What is required –
Lines with "ResultTypes" in the records below: say how many there are, and add nothing.

──────── Data to use

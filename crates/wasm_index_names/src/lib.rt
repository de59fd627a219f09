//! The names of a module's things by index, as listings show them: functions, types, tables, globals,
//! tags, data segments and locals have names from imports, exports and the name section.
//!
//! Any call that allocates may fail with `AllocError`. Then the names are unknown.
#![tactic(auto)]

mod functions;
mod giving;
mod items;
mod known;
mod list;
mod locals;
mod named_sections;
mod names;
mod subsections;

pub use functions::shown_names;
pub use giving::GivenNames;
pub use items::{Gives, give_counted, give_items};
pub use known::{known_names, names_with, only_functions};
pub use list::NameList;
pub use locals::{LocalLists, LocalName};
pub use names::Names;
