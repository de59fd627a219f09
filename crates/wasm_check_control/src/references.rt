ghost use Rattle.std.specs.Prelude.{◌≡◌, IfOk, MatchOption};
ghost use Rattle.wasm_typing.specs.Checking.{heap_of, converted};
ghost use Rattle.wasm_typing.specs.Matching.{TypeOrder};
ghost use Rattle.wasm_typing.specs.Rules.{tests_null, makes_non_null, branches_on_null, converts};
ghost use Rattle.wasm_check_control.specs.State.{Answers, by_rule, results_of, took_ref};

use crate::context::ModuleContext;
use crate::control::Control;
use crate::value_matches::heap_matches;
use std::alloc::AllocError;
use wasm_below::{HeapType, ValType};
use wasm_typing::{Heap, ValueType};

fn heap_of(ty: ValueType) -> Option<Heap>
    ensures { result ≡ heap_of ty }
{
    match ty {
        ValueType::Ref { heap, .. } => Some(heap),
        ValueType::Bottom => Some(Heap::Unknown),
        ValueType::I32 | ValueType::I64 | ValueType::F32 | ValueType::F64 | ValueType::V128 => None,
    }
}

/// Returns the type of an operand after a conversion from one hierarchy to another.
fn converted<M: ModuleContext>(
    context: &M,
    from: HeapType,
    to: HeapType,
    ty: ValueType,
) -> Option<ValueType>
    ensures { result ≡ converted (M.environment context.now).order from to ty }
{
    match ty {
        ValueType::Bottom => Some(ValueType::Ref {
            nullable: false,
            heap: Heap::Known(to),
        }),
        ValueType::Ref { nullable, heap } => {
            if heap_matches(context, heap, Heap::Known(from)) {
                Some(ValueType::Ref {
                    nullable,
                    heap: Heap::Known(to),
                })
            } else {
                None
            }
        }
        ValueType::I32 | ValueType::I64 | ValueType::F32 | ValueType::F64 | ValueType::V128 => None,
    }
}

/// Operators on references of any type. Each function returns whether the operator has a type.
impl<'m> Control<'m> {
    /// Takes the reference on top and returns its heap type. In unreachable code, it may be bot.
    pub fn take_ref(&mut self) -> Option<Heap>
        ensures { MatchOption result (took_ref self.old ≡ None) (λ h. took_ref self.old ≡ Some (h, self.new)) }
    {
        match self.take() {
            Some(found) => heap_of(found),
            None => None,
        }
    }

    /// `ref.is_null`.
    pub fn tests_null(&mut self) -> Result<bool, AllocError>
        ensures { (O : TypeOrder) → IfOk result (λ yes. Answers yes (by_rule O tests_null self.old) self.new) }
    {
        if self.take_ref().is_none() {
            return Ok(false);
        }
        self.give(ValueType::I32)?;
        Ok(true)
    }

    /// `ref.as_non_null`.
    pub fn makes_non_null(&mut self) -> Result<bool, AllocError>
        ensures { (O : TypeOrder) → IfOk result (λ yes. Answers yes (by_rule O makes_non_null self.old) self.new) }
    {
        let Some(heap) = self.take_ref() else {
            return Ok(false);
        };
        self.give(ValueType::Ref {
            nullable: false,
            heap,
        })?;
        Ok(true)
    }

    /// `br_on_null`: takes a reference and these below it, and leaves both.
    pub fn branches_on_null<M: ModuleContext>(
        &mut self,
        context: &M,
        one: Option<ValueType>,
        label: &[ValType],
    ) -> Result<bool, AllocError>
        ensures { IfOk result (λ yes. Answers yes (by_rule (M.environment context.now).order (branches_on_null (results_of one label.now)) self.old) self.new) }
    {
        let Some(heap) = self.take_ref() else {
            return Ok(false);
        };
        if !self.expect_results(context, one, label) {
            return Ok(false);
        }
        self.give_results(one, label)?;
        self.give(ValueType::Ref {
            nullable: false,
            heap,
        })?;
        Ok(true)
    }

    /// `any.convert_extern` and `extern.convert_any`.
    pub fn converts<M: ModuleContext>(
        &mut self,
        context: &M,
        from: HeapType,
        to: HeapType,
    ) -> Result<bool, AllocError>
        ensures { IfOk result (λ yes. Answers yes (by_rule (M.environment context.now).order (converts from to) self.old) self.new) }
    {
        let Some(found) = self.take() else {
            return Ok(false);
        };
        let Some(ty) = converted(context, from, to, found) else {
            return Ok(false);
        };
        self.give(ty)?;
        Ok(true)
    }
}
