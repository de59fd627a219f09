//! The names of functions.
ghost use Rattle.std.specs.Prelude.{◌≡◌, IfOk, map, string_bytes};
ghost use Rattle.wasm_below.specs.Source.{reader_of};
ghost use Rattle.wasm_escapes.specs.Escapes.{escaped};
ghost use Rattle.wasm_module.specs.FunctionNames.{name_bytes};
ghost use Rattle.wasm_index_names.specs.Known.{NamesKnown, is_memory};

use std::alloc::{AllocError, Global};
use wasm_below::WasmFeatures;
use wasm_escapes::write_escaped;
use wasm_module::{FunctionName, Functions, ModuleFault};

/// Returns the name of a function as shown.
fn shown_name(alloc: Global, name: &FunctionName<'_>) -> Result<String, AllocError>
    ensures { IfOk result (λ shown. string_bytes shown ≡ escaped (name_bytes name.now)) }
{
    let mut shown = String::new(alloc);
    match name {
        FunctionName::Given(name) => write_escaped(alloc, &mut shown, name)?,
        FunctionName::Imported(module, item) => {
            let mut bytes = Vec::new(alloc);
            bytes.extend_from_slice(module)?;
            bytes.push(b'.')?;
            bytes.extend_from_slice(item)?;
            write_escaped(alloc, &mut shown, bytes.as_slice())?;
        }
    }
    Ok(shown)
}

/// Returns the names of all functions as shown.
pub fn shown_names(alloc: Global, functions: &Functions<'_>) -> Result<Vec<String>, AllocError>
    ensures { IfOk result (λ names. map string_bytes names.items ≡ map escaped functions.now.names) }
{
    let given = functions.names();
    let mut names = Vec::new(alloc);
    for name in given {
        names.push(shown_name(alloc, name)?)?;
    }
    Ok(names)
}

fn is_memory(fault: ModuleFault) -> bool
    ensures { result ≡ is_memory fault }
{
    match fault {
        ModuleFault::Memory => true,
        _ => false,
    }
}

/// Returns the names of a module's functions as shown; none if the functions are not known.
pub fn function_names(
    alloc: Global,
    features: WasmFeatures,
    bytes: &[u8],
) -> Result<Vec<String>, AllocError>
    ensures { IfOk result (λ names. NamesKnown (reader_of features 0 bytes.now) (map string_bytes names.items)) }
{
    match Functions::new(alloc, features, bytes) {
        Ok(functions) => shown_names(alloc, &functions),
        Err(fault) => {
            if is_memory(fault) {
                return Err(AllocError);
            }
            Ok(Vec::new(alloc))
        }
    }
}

────────────────
──────── Data to use

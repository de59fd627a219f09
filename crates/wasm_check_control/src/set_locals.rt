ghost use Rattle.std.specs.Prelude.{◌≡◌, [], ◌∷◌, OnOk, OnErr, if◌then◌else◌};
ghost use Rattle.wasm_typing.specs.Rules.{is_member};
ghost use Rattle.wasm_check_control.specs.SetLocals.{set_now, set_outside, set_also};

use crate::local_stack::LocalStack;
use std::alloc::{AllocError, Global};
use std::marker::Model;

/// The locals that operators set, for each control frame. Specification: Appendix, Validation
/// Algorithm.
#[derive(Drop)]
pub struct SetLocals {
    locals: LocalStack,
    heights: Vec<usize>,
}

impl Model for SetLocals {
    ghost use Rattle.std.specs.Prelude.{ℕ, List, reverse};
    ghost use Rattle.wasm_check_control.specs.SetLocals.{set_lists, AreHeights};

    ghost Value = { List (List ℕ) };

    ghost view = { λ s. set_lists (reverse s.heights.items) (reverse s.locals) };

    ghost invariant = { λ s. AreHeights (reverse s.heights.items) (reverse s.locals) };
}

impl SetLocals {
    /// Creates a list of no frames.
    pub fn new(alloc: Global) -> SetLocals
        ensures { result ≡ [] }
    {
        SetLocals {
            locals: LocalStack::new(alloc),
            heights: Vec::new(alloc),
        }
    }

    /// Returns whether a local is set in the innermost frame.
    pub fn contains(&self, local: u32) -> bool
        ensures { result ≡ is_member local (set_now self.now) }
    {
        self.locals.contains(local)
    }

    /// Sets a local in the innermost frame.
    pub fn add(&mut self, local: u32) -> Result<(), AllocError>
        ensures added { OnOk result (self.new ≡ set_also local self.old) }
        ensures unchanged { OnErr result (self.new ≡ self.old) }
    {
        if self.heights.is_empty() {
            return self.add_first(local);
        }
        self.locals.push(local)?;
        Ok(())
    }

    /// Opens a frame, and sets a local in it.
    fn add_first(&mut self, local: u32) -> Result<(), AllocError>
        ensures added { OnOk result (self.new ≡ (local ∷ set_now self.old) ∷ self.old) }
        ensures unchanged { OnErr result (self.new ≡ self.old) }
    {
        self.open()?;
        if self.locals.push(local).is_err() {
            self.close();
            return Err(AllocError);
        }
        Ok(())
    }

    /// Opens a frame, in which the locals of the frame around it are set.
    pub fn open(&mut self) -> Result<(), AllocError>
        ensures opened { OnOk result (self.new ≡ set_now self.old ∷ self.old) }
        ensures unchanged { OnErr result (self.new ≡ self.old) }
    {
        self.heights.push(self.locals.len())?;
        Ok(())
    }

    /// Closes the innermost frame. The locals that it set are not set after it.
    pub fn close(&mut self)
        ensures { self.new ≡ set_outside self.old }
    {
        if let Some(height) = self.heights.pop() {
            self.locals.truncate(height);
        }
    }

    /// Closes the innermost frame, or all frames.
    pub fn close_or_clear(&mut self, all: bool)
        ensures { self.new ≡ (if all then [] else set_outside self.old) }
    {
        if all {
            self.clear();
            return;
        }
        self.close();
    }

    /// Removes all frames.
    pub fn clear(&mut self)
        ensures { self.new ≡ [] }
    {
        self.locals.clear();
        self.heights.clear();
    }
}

────────────────
──────── Data to use

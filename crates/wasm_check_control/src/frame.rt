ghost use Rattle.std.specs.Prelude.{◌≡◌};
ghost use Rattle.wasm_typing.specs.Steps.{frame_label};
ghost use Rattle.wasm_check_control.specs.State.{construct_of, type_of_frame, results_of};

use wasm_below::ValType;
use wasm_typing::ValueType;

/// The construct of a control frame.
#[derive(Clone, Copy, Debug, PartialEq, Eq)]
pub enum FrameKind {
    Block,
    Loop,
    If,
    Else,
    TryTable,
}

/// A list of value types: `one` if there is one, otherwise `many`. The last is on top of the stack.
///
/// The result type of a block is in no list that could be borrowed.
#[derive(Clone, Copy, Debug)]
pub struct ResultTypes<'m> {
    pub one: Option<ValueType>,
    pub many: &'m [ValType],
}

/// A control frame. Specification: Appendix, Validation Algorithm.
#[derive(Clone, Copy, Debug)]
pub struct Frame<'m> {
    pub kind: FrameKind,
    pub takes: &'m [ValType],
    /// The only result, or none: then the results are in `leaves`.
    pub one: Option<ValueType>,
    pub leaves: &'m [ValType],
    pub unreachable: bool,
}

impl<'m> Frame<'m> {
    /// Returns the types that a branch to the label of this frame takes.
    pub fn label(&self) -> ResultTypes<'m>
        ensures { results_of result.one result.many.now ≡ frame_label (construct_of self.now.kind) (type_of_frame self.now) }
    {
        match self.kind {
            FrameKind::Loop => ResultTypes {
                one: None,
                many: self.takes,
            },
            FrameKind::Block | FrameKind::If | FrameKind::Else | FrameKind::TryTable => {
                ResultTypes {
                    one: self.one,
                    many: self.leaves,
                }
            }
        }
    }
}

────────────────

Answer below –
4